One rock band who is deserving of the lysergic label and who you may not be familiar with is though, are the friendly East-Coast spacemonauts Skyjelly. Starting out as a solo project sometime prior to the release of their 2010 album Motorola Monkey, the group currently consists of Dave Melanson, Eric (Jones) Hudson, and Scott Sheik Levesque. Their sound is pretty hard to describe, even though it slots quite securely into the tradition of that noisy stratum of '90s-esque phylum of psych that draws as equally from the quieter, cloudier parts of Flaming Lips and Brian Jonestown's catalogs. They're a Northern-Eastern band with a cool Southern heat, a quizzical sensibility concerning the blues, an impeccable sense for mood and duration, and a poetic sense of dream logic. 


It's a little hard to get a handle on Skyjelly's whole discography, but you don't have to hear everything they've ever released to understand what they're all about. In fact, they have one album that kind of lays out their whole aesthetic in one nice tidy package- well ok, maybe not tidey... and it's not actually one album, its two; 2016's Blank Panthers / Priest, Expert, or Wizard. Skyjelly are pretty good at experimenting and they have some early releases that lean a little more into triphop, and some later  efforts that sound almost like dreampop, but their central conceit is that the blues and rock 'n roll don't have to be driving to take you places- sometimes what matters most is the steadiness of the approach. 

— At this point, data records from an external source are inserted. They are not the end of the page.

// A callback of the listener returns: its reactions are performed, and what was read is sent up.

ghost use Rattle.std.specs.Prelude.{◌≡◌, ◌<◌, ◌++◌, ◌∷◌, ◌≤◌, ◌+◌, ◌-◌, ◌^◌, [], suc, IfOk, IfSome, OnOk, OnErr, length, slice_get, true, None, Some};
ghost use Rattle.nk_base.specs.declared.message.UpMsg.TheVariants as up_message;
ghost use Rattle.nk_base.specs.Queue.{IsTarget, posted_to, unforced};
ghost use Rattle.nk_base.specs.Ranges.{IsReadCount};
ghost use Rattle.nk_base.specs.Status.{is_failure, ok, moved_if};
ghost use Rattle.nk_plan.specs.Accepted.{IsGoodReaction};
ghost use Rattle.nk_plan.specs.Child.{react, react_all, bytes_failure, prepend_cancel, fail_data, finish_event, perform_call, runs_on, step_finish, child_step};
ghost use Rattle.nk_plan.specs.Enabled.{child_enabled};
ghost use Rattle.nk_plan.specs.declared.step.ChildStep.TheVariants as step;
ghost use Rattle.nk_plan.specs.declared.event.ChildEvent.TheVariants as event;
ghost use Rattle.nk_plan.specs.declared.journal.ChildEntry.TheVariants as entry;
ghost use Rattle.nk_child.specs.Reactions.{start_sends, failure_of};
ghost use Rattle.nk_plan.specs.declared.plan.Act.TheVariants as act;
ghost use Rattle.nk_base.specs.declared.status.Target.{Target};
ghost use Rattle.nk_base.specs.declared.status.Target.TheVariants as target;
ghost use Rattle.nk_child.specs.Views.{HasRoom, Leaves, Counted, Gains};

use crate::queued::Queued;
use crate::standing::Standing;
use crate::work::Work;
use nk_base::{Memory, Moved, Out, Status, Target, UpMsg};
use nk_plan::{ChannelPlan, ChildEntry, ChildEvent, Reaction};

// Reaction i of a plan, counted from 0.
fn reaction_of(plan: &ChannelPlan, i: usize) -> Reaction
    requires { i < length plan.now.reactions }
    ensures { slice_get plan.now.reactions i ≡ Some result }
{
    *plan.reactions.get(i)
}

While most rock bands rely on repetition to ground their themes and draw out the essence of a song's emotive core, Skyjelly take this necessary reliance on structure and thoroughly abstracts it. What the band introduces you to, is not just reliant on grooves and rhythms, but more specifically, loops- short sonic motifs whose cyclical design emphasizes a kind of uncanny motion. Like a film, strip skipping in a projector, but where you would expect to see (or rather hear) the same scene play out, again and again, at nausea, you instead get a subtle thread of variations - shade of scènes à faire are emphasized or dialed back, change hew, or are muted so that by the end of a three-minute runtime, you're not even sure how things mutated to reach its final form as the process is so subtle. All you know is that you're miles away from the place where you begin your journey with the band. 

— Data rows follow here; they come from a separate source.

// What a target does when its turn comes: it goes on with its flush, or does a task that was posted to it.

ghost use Rattle.std.specs.Prelude.{◌≡◌, ◌<◌, ◌++◌, ◌∷◌, ◌≤◌, ◌+◌, [], IfOk, OnOk, OnErr, length, true};
ghost use Rattle.std.specs.Bool.{OnTrue};
ghost use Rattle.nk_base.specs.Queue.{IsTarget, is_target, posted_to, completed};
ghost use Rattle.nk_queue.specs.Answers.{event_of, taken_by};
ghost use Rattle.nk_plan.specs.Event.{class_of};
ghost use Rattle.nk_plan.specs.Child.{flush_with, child_step};
ghost use Rattle.nk_plan.specs.Enabled.{child_enabled};
ghost use Rattle.nk_plan.specs.declared.step.ChildStep.TheVariants as step;
ghost use Rattle.nk_plan.specs.declared.journal.ChildEntry.TheVariants as entry;
ghost use Rattle.nk_base.specs.Status.{moved_if};
ghost use Rattle.nk_child.specs.Shown.{with_shown, event_sends, next_shown, next_sends};
ghost use Rattle.nk_child.specs.Views.{HasRoom, Leaves, Counted, Gains};

use crate::queued::Queued;
use crate::work::Work;
use nk_base::{Entry, Memory, Moved, Out, Target, UpMsg};
use nk_plan::{ChildEntry, ChildEvent};
use nk_queue::Taken;

impl Work {
    /// Stages what an event sends that runs next.
    fn stage_event<U: Out<UpMsg>>(&self, e: &Queued, up: &mut U) -> Result<(), Memory>
        requires up { 0 < U.room up.old }
        ensures staged { OnOk result (U.staged up.new ≡ U.staged up.old ++ event_sends self.now.state.kept e.now) }
        ensures held { U.held up.new ≡ U.held up.old }
        ensures room { U.room up.new + length (U.staged up.new) ≡ U.room up.old + length (U.staged up.old) }
    {
        match e.get() {
            ChildEvent::Cancel { status } => {
                if self.has_failed() {
                    return Ok(());
                }
                up.stage(UpMsg::Cancel { status: *status })
            }
            _ => Ok(()),
        }
    }

    /// Gets the event ready that a flush takes next, if it takes one.
    fn ready_next<U: Out<UpMsg>, D: Out<Entry>>(
        &self,
        t: Target,
        up: &mut U,
        delivery: &mut D,
    ) -> Result<Option<Entry>, Memory>
        requires up { 0 < U.room up.old }
        requires delivery { 0 < D.room delivery.old }
        ensures shown { IfOk result (λ r. r ≡ next_shown self.now.plan self.now.state.hop self.now.state.kept (event_of (taken_by class_of self.now.state.queue t))) }
        ensures staged { IfOk result (λ r. D.staged delivery.new ≡ with_shown (D.staged delivery.old) r) }
        ensures sends { OnOk result (U.staged up.new ≡ U.staged up.old ++ next_sends self.now.state.kept (event_of (taken_by class_of self.now.state.queue t))) }
        ensures up_held { U.held up.new ≡ U.held up.old }
        ensures up_room { U.room up.new + length (U.staged up.new) ≡ U.room up.old + length (U.staged up.old) }
        ensures delivery_held { D.held delivery.new ≡ D.held delivery.old }
        ensures delivery_room { D.room delivery.new + length (D.staged delivery.new) ≡ D.room delivery.old + length (D.staged delivery.old) }
    {
        match self.queue.next(t) {
            None => Ok(None),
            Some(e) => {
                self.stage_event(e, up)?;
                self.stage_shown(e, delivery)
            }
        }
    }

    /// The flush by this target takes what comes next, once what that shows and sends is ready.
    fn take_next(&mut self, t: Target, shown: Option<Entry>)
        requires here { IsTarget t }
        requires flushing { is_target self.old.state.queue.flushing t ≡ true }
        requires rooms { HasRoom 2 2 self.old.rooms }
        requires counts { Counted self.old.state }
        requires forced { self.old.state.queue.forced ≤ 1 }
        requires shown { shown ≡ next_shown self.old.plan self.old.state.hop self.old.state.kept (event_of (taken_by class_of self.old.state.queue t)) }
        ensures plan { self.new.plan ≡ self.old.plan }
        ensures state { self.new.state ≡ flush_with self.old.plan t (taken_by class_of self.old.state.queue t) self.old.state }
        ensures sent { self.new.state.sent ≡ self.old.state.sent ++ next_sends self.old.state.kept (event_of (taken_by class_of self.old.state.queue t)) }
        ensures trace { self.new.state.trace ≡ with_shown self.old.state.trace shown }
    {
        match self.queue.take(t) {
            Taken::Event(e) => self.run(t, e.into_event(), shown),
            Taken::HandOver(to) => self.note(ChildEntry::HandOver { from: t, to }),
            Taken::Ended => self.note(ChildEntry::Ended(t)),
        }
    }

    /// A flush by this target goes on.
    #[tactic(auto, using(crate::proofs::Gains::gains, crate::proofs::Gains::gains_shown))]
    fn flush<U: Out<UpMsg>, D: Out<Entry>>(
        &mut self,
        t: Target,
        up: &mut U,
        delivery: &mut D,
    ) -> Result<(), Memory>
        requires here { IsTarget t }
        requires flushing { is_target self.old.state.queue.flushing t ≡ true }
        requires rooms { HasRoom 2 2 self.old.rooms }
        requires counts { Counted self.old.state }
        requires forced { self.old.state.queue.forced ≤ 1 }
        requires up { 0 < U.room up.old }
        requires delivery { 0 < D.room delivery.old }
        ensures plan { self.new.plan ≡ self.old.plan }
        ensures state { OnOk result (self.new.state ≡ flush_with self.old.plan t (taken_by class_of self.old.state.queue t) self.old.state) }
        ensures sent { OnOk result (Gains self.old.state.sent self.new.state.sent (U.staged up.old) (U.staged up.new)) }
        ensures trace { OnOk result (Gains self.old.state.trace self.new.state.trace (D.staged delivery.old) (D.staged delivery.new)) }
        ensures err { OnErr result (self.new ≡ self.old) }
        ensures up_held { U.held up.new ≡ U.held up.old }
        ensures up_room { U.room up.new + length (U.staged up.new) ≡ U.room up.old + length (U.staged up.old) }
        ensures delivery_held { D.held delivery.new ≡ D.held delivery.old }
        ensures delivery_room { D.room delivery.new + length (D.staged delivery.new) ≡ D.room delivery.old + length (D.staged delivery.old) }
    {
        let shown = self.ready_next(t, up, delivery)?;
        self.take_next(t, shown);
        Ok(())
    }

    /// A task that was posted to this target is done.
    fn complete(&mut self, t: Target)
        requires here { IsTarget t }
        requires posted { 0 < posted_to self.old.state.queue t }
        requires rooms { HasRoom 1 0 self.old.rooms }
        ensures { Leaves 1 0 self.old self.new (record self.old.state {
          queue = completed self.old.state.queue t;
          journal = self.old.state.journal ++ entry.Complete t ∷ [];
        }) }
    {
        let _ = self.queue.complete(t);
        self.note(ChildEntry::Complete(t));
    }

    /// Whether a flush by this target is under way.
    #[tactic(auto, using(crate::proofs::Ranges::same_is_target))]
    fn flushes(&self, t: Target) -> bool
        ensures answer { result ≡ is_target self.now.state.queue.flushing t }
        ensures target { OnTrue result (IsTarget t) }
    {
        match self.queue.flushing() {
            None => false,
            Some(own) => own.is(t),
        }
    }

    /// Whether this target has a turn: nothing runs there, and a flush is under way or a task is posted.
    pub(crate) fn can_begin(&self, t: Target) -> bool
        ensures { result ≡ child_enabled self.now.plan (step.Begin t) self.now.state }
    {
        !self.runs_on(t) && (self.flushes(t) || self.queue.posted(t) > 0)
    }

    /// The turn of this target comes.
    #[tactic(auto, using(crate::proofs::Gains::gains_none))]
    pub(crate) fn begin<U: Out<UpMsg>, D: Out<Entry>>(
        &mut self,
        t: Target,
        up: &mut U,
        delivery: &mut D,
    ) -> Result<Moved, Memory>
        requires rooms { HasRoom 2 2 self.old.rooms }
        requires counts { Counted self.old.state }
        requires forced { self.old.state.queue.forced ≤ 1 }
        requires up { 0 < U.room up.old }
        requires delivery { 0 < D.room delivery.old }
        ensures plan { self.new.plan ≡ self.old.plan }
        ensures state { OnOk result (self.new.state ≡ child_step self.old.plan (step.Begin t) self.old.state) }
        ensures answer { IfOk result (λ r. r ≡ moved_if (child_enabled self.old.plan (step.Begin t) self.old.state)) }
        ensures sent { OnOk result (Gains self.old.state.sent self.new.state.sent (U.staged up.old) (U.staged up.new)) }
        ensures trace { OnOk result (Gains self.old.state.trace self.new.state.trace (D.staged delivery.old) (D.staged delivery.new)) }
        ensures err { OnErr result (self.new ≡ self.old) }
        ensures up_held { U.held up.new ≡ U.held up.old }
        ensures up_room { U.room up.new + length (U.staged up.new) ≡ U.room up.old + length (U.staged up.old) }
        ensures delivery_held { D.held delivery.new ≡ D.held delivery.old }
        ensures delivery_room { D.room delivery.new + length (D.staged delivery.new) ≡ D.room delivery.old + length (D.staged delivery.old) }
    {
        if self.runs_on(t) {
            return Ok(Moved::Idle);
        }
        if self.flushes(t) {
            self.flush(t, up, delivery)?;
            return Ok(Moved::Did);
        }
        if self.queue.posted(t) == 0 {
            return Ok(Moved::Idle);
        }
        self.complete(t);
        Ok(Moved::Did)
    }
}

While Blank Panthers / Priest, Expert, or Wizard is definitely more reliant on cleaner and tidier beats and forward pop guitar melodies than some of their other works, but it's still oddly transportive and extremely easy to lose yourself in. This is due not only to the album's somewhat daunting length but also the patience with which the Skyjelly approaches each of these songs- allowing them to resolve in a natural and unforced way, permitting each to demonstrate unique and evolving tendencies in their own naive and peculiar way. With every track on this album, I feel like I'm witnessing some kind of baffling, yet charming creature hatch from an oversized, technicolor egg. You might not think that you'd be able to make a fast, personal connection with an extraterrestrial being, but when one uses the egg tooth at the end of a tubular proboscis to crack the casing of its ovular chamber and then looks at you like it needs a mother, you might just change your mind. As tortured as this metaphor is, that's kind of what I feel like is going on here- I'm learning how to befriend something that is not of this world


Skyjelly are about as cozy, comforting, and abnormally convivial as this side of psychedelic rock can get, and if you're not going to welcome Blank Panthers / Priest, Expert, or Wizard into your life, then you're going to be missing out an unorthodox and wonderful kind of companionship. 

This double album was released through Doom Trip.